• [Your goal]:
Copy the data exactly. Leave nothing out.

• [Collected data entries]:
──────────────────────────────
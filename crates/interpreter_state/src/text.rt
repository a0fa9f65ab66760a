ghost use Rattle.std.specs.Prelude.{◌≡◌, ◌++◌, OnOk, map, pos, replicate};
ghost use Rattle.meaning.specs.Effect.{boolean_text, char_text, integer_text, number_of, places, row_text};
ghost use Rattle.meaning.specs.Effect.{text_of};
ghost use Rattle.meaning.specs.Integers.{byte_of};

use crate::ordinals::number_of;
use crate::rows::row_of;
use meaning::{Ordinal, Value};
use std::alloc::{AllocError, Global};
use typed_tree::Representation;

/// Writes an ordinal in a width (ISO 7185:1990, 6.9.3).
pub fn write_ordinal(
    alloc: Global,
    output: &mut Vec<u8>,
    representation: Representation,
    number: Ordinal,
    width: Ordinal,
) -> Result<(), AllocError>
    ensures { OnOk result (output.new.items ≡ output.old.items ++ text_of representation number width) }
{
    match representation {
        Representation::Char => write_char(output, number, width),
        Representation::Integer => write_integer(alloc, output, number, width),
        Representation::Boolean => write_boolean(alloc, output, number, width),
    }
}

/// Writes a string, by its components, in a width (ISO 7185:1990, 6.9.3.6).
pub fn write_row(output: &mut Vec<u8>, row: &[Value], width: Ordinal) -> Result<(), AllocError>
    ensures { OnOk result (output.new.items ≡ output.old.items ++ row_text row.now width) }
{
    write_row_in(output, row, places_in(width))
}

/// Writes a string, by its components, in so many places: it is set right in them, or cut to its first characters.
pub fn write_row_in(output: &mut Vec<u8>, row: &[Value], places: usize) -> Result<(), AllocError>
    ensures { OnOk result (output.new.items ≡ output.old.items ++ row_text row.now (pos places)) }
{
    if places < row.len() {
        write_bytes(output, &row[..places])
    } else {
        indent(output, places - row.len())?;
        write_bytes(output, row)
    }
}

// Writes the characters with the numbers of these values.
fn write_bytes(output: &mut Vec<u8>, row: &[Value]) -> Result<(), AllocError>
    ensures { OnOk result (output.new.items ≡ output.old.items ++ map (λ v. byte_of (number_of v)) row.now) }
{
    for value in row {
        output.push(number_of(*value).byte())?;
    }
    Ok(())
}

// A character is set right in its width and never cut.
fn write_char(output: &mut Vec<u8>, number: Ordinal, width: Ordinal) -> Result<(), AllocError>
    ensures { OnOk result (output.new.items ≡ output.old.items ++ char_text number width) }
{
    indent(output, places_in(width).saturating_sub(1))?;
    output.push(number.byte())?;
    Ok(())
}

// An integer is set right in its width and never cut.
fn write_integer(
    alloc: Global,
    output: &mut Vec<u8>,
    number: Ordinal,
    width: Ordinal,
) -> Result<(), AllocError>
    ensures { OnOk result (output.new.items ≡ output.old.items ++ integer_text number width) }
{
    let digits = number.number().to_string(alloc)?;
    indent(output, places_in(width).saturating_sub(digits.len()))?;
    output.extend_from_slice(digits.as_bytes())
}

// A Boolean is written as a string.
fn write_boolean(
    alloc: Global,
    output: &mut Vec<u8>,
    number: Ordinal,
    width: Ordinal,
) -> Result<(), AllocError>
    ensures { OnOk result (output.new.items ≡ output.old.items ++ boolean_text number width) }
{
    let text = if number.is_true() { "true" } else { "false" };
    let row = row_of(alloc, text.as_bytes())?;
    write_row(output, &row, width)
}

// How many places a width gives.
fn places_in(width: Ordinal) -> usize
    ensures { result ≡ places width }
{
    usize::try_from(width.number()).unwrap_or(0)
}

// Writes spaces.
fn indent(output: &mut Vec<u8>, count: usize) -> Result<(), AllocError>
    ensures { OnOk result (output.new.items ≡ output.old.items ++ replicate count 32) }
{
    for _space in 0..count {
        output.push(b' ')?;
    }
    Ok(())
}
──────────────────────────────
• [Result of the task]:
filename crates/interpreter_state/src/text.rt
repository a0fa9f65ab66760a
ghost use Rattle.std.specs.Prelude.{◌≡◌, ◌++◌, OnOk, map, pos, replicate};
ghost use Rattle.meaning.specs.Effect.{boolean_text, char_text, integer_text, number_of, places, row_text};
ghost use Rattle.meaning.specs.Effect.{text_of};
ghost use Rattle.meaning.specs.Integers.{byte_of};

use crate::ordinals::number_of;
use crate::rows::row_of;
use meaning::{Ordinal, Value};
use std::alloc::{AllocError, Global};
use typed_tree::Representation;

/// Writes an ordinal in a width (ISO 7185:1990, 6.9.3).
pub fn write_ordinal(
    alloc: Global,
    output: &mut Vec<u8>,
    representation: Representation,
    number: Ordinal,
    width: Ordinal,
) -> Result<(), AllocError>
    ensures { OnOk result (output.new.items ≡ output.old.items ++ text_of representation number width) }
{
    match representation {
        Representation::Char => write_char(output, number, width),
        Representation::Integer => write_integer(alloc, output, number, width),
        Representation::Boolean => write_boolean(alloc, output, number, width),
    }
}

/// Writes a string, by its components, in a width (ISO 7185:1990, 6.9.3.6).
pub fn write_row(output: &mut Vec<u8>, row: &[Value], width: Ordinal) -> Result<(), AllocError>
    ensures { OnOk result (output.new.items ≡ output.old.items ++ row_text row.now width) }
{
    write_row_in(output, row, places_in(width))
}

/// Writes a string, by its components, in so many places: it is set right in them, or cut to its first characters.
pub fn write_row_in(output: &mut Vec<u8>, row: &[Value], places: usize) -> Result<(), AllocError>
    ensures { OnOk result (output.new.items ≡ output.old.items ++ row_text row.now (pos places)) }
{
    if places < row.len() {
        write_bytes(output, &row[..places])
    } else {
        indent(output, places - row.len())?;
        write_bytes(output, row)
    }
}

// Writes the characters with the numbers of these values.
fn write_bytes(output: &mut Vec<u8>, row: &[Value]) -> Result<(), AllocError>
    ensures { OnOk result (output.new.items ≡ output.old.items ++ map (λ v. byte_of (number_of v)) row.now) }
{
    for value in row {
        output.push(number_of(*value).byte())?;
    }
    Ok(())
}

// A character is set right in its width and never cut.
fn write_char(output: &mut Vec<u8>, number: Ordinal, width: Ordinal) -> Result<(), AllocError>
    ensures { OnOk result (output.new.items ≡ output.old.items ++ char_text number width) }
{
    indent(output, places_in(width).saturating_sub(1))?;
    output.push(number.byte())?;
    Ok(())
}

// An integer is set right in its width and never cut.
fn write_integer(
    alloc: Global,
    output: &mut Vec<u8>,
    number: Ordinal,
    width: Ordinal,
) -> Result<(), AllocError>
    ensures { OnOk result (output.new.items ≡ output.old.items ++ integer_text number width) }
{
    let digits = number.number().to_string(alloc)?;
    indent(output, places_in(width).saturating_sub(digits.len()))?;
    output.extend_from_slice(digits.as_bytes())
}

// A Boolean is written as a string.
fn write_boolean(
    alloc: Global,
    output: &mut Vec<u8>,
    number: Ordinal,
    width: Ordinal,
) -> Result<(), AllocError>
    ensures { OnOk result (output.new.items ≡ output.old.items ++ boolean_text number width) }
{
    let text = if number.is_true() { "true" } else { "false" };
    let row = row_of(alloc, text.as_bytes())?;
    write_row(output, &row, width)
}

// How many places a width gives.
fn places_in(width: Ordinal) -> usize
    ensures { result ≡ places width }
{
    usize::try_from(width.number()).unwrap_or(0)
}

// Writes spaces.
fn indent(output: &mut Vec<u8>, count: usize) -> Result<(), AllocError>
    ensures { OnOk result (output.new.items ≡ output.old.items ++ replicate count 32) }
{
    for _space in 0..count {
        output.push(b' ')?;
    }
    Ok(())
}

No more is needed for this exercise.